Segundo o infectologista Celso Ferreira Ramos Filho, a bactéria raramente provoca doenças espontaneamente em pessoas saudáveis, mas pode causar infecções graves em ambientes hospitalares, especialmente em pacientes que utilizam respiradores, cateteres ou traqueostomia.
O médico explicou que a Pseudomonas aeruginosa é uma bactéria ambiental, capaz de sobreviver em água e locais úmidos, o que facilita sua presença em esponjas de lavar louça, panos de chão e outros materiais domésticos. Diferente de bactérias que vivem naturalmente no organismo humano, ela é considerada de “vida livre”, sendo encontrada no solo, na água e em ambientes úmidos.
De acordo com decisão divulgada pela Agência Nacional de Vigilância Sanitária, detergentes lava-louças, sabões líquidos para roupas e desinfetantes da Ypê com lotes terminados em número 1 deverão ser recolhidos e não podem ser utilizados pelos consumidores.
Especialistas alertam que o maior risco está relacionado às pessoas imunocomprometidas, como pacientes em tratamento quimioterápico, pessoas com doenças pulmonares crônicas ou internadas em hospitais. Nesses casos, a bactéria pode provocar infecções urinárias, respiratórias e até infecções na corrente sanguínea.

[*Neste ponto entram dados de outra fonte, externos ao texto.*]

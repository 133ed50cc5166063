//! What a locket tells of itself, without a device call.
ghost use Rattle.std.specs.Prelude.{◌≡◌, ◌<◌, ◌^◌, length};
ghost use Rattle.std.specs.Option.{ForSome};
ghost use Rattle.payload_log.specs.Doubts.{RoseBy};
ghost use Rattle.payload_log.specs.Entries.{doubts_in};
ghost use Rattle.locket.specs.Kept.{KeptLocks};
ghost use Rattle.locket.specs.Lives.{state_of, IsLife, IsLawful};
ghost use Rattle.locket.specs.View.{life_of};

use crate::item::LockItem;
use crate::locket::Locket;
use crate::state::LockState;
use disk_trait::Disk;

impl<D: Disk> Locket<D> {
    /// The state now.
    pub fn state(&self) -> LockState
        ensures { result ≡ state_of (life_of self.now) }
    {
        self.state
    }

    /// What the locket did since its load, oldest first.
    pub fn log(&self) -> &[LockItem]
        ensures { result.now ≡ self.now.log }
    {
        self.log.log()
    }

    /// For each item of the log the disk's clock at the end of its call.
    pub fn marks(&self) -> &[u64]
        ensures { result.now ≡ self.now.marks }
    {
        self.log.marks()
    }

    /// What holds of each locket. It does nothing.
    pub fn holds(&self)
        ensures life { IsLife (life_of self.now) }
        ensures lawful { IsLawful (state_of self.now.base) self.now.log }
        ensures kept { ForSome (D.told self.now.disk)
            (KeptLocks self.now.base self.now.log self.now.marks self.now.since) }
        ensures doubts { RoseBy (doubts_in self.now.log) self.now.faults
            (D.fault_count self.now.disk) }
        ensures few { length self.now.log < 2 ^ 64 }
    {
        self.log.holds();
    }
}
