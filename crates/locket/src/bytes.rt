//! A lock command in bytes: the number of its kind, its moment, and its fields.
ghost use Rattle.std.specs.Prelude.{◌≡◌, ◌+◌, ◌≤◌, length, take, IfOk};
ghost use Rattle.wire_fields.specs.Field.{PutsText};
ghost use Rattle.locket.specs.Bytes.{lock_spelled, lock_reading, kind_of, fields_of, acquire_at, term_at, renew_at, release_at, op_at, command_at, FitsOp, FitsLock};

use crate::command::{LockCommand, LockOp};
use crash_backoff::Moment;
use diego_names::Name;
use wire_fields::{
    FieldFault, put_name, put_u8, put_u32, put_u64, read_name, read_u8, read_u32, read_u64,
};

/// The number of a kind of command.
const ACQUIRE: u8 = 32;

const RENEW: u8 = 33;

const RELEASE: u8 = 34;

fn kind_of(op: &LockOp) -> u8
    ensures { result ≡ kind_of op.entry.now }
{
    match op {
        LockOp::Acquire { .. } => ACQUIRE,
        LockOp::Renew { .. } => RENEW,
        LockOp::Release { .. } => RELEASE,
    }
}

/// Shows that an operation has a spelling. It does nothing.
fn fits_op(op: &LockOp)
    ensures { FitsOp op.entry.now }
{
    match op {
        LockOp::Acquire { owner, ttl } => {
            let _owner = owner.bytes();
            let _ttl = *ttl;
        }
        LockOp::Renew { owner, fence, ttl } => {
            let _owner = owner.bytes();
            let (_fence, _ttl) = (*fence, *ttl);
        }
        LockOp::Release { owner, fence } => {
            let _owner = owner.bytes();
            let _fence = *fence;
        }
    }
}

/// Shows that a command has a spelling. It does nothing.
pub(crate) fn fits(command: &LockCommand)
    ensures { FitsLock command.entry.now }
{
    let _now = command.now.0;
    fits_op(&command.op);
}

#[tactic(auto, using(wire_fields::proofs::Rules::lengths))]
fn put_op(out: &mut [u8], at: usize, op: &LockOp) -> usize
    requires { at + 93 ≤ length out.old }
    ensures { PutsText out.old at (fields_of op.entry.now) out.new result }
{
    fits_op(op);
    match op {
        LockOp::Acquire { owner, ttl } => {
            let at = put_name(out, at, *owner);
            put_u32(out, at, *ttl)
        }
        LockOp::Renew { owner, fence, ttl } => {
            let at = put_name(out, at, *owner);
            let at = put_u64(out, at, *fence);
            put_u32(out, at, *ttl)
        }
        LockOp::Release { owner, fence } => {
            let at = put_name(out, at, *owner);
            put_u64(out, at, *fence)
        }
    }
}

#[tactic(auto, using(wire_fields::proofs::Rules::lengths))]
fn put_command(out: &mut [u8], command: &LockCommand) -> usize
    requires { length out.old ≡ 512 }
    ensures { PutsText out.old 0 (lock_spelled command.entry.now) out.new result }
{
    let at = put_u8(out, 0, kind_of(&command.op));
    let at = put_u32(out, at, command.now.0);
    put_op(out, at, &command.op)
}

/// Writes a command at the front, and gives its length in bytes. It takes no memory.
pub fn put_lock_command(out: &mut [u8; 512], command: &LockCommand) -> usize
    ensures bytes { take result out.new ≡ lock_spelled command.entry.now }
    ensures least { 11 ≤ result }
    ensures most { result ≤ 98 }
{
    fits(command);
    put_command(out, command)
}

fn read_acquire(bytes: &[u8], at: usize) -> Result<(LockOp, usize), FieldFault>
    requires { at ≤ length bytes.now }
    ensures value { result ≡ acquire_at bytes.now at }
    ensures within { IfOk result (λ read. read.1 ≤ length bytes.now) }
{
    let (owner, at) = read_name(bytes, at)?;
    let (ttl, at) = read_u32(bytes, at)?;
    Ok((LockOp::Acquire { owner, ttl }, at))
}

fn read_term(bytes: &[u8], at: usize) -> Result<((u64, u32), usize), FieldFault>
    requires { at ≤ length bytes.now }
    ensures value { result ≡ term_at bytes.now at }
    ensures within { IfOk result (λ read. read.1 ≤ length bytes.now) }
{
    let (fence, at) = read_u64(bytes, at)?;
    let (ttl, at) = read_u32(bytes, at)?;
    Ok(((fence, ttl), at))
}

fn read_renew(bytes: &[u8], at: usize) -> Result<(LockOp, usize), FieldFault>
    requires { at ≤ length bytes.now }
    ensures value { result ≡ renew_at bytes.now at }
    ensures within { IfOk result (λ read. read.1 ≤ length bytes.now) }
{
    let (owner, at) = read_name(bytes, at)?;
    let ((fence, ttl), at) = read_term(bytes, at)?;
    Ok((LockOp::Renew { owner, fence, ttl }, at))
}

fn read_release(bytes: &[u8], at: usize) -> Result<(LockOp, usize), FieldFault>
    requires { at ≤ length bytes.now }
    ensures value { result ≡ release_at bytes.now at }
    ensures within { IfOk result (λ read. read.1 ≤ length bytes.now) }
{
    let (owner, at) = read_name(bytes, at)?;
    let (fence, at) = read_u64(bytes, at)?;
    Ok((LockOp::Release { owner, fence }, at))
}

fn read_op(kind: u8, bytes: &[u8], at: usize) -> Result<(LockOp, usize), FieldFault>
    requires { at ≤ length bytes.now }
    ensures value { result ≡ op_at kind bytes.now at }
    ensures within { IfOk result (λ read. read.1 ≤ length bytes.now) }
{
    match kind {
        ACQUIRE => read_acquire(bytes, at),
        RENEW => read_renew(bytes, at),
        RELEASE => read_release(bytes, at),
        _ => Err(FieldFault::BadField { at: 0 }),
    }
}

/// The command in front, and the place after it.
#[tactic(auto, unfolding(crate::specs::Bytes::command_at))]
fn read_front(bytes: &[u8]) -> Result<(LockCommand, usize), FieldFault>
    ensures value { result ≡ command_at bytes.now }
    ensures within { IfOk result (λ read. read.1 ≤ length bytes.now) }
{
    let (kind, at) = read_u8(bytes, 0)?;
    let (seconds, at) = read_u32(bytes, at)?;
    let (op, at) = read_op(kind, bytes, at)?;
    let now = Moment(seconds);
    Ok((LockCommand { now, op }, at))
}

/// The command that these bytes are, all of them, if they are one. It takes no memory.
#[tactic(auto, unfolding(crate::specs::Bytes::lock_reading))]
pub fn read_lock_command(bytes: &[u8]) -> Option<LockCommand>
    ensures { result ≡ lock_reading bytes.now }
{
    match read_front(bytes) {
        Ok((command, at)) => {
            if at == bytes.len() {
                return Some(command);
            }
            None
        }
        Err(_) => None,
    }
}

A professora da Universidade Federal Fluminense, Raiane Cardoso Chamon, destacou que pacientes com fibrose cística estão entre os grupos mais vulneráveis, já que a bactéria frequentemente está associada a quadros de pneumonia de difícil tratamento.
Ela também ressaltou que, embora o maior risco esteja em pessoas com baixa imunidade, determinadas cepas podem provocar problemas em indivíduos saudáveis, como a chamada “otite de nadador”, associada ao contato com águas recreativas contaminadas.
Segundo os especialistas, o cenário mais preocupante ocorre quando a bactéria chega ao ambiente hospitalar. Isso porque, nesses locais, o uso intenso de antibióticos favorece o desenvolvimento de cepas ainda mais resistentes, dificultando o tratamento das infecções.
A médica acredita que a contaminação dos produtos possa ter ocorrido durante o processo de fabricação, possivelmente por falhas no controle microbiológico ou por contaminação de reagentes utilizados na produção. Ela explicou que existem níveis aceitáveis de micro-organismos em determinados produtos, mas que esses limites não podem ser ultrapassados para evitar riscos à saúde.
Em nota divulgada na quinta-feira (7), a Ypê informou que está colaborando com a Anvisa e adotando medidas para atender às exigências regulatórias. A empresa afirmou ainda que realiza análises técnicas, testes independentes e avaliações complementares para garantir a segurança e a conformidade dos produtos.
A companhia também declarou que irá incorporar eventuais recomendações da Anvisa ao seu Plano de Ação e Conformidade Regulatória, desenvolvido em conjunto com a agência desde dezembro de 2025. Até a publicação da matéria original, a empresa não havia se manifestado novamente sobre o caso.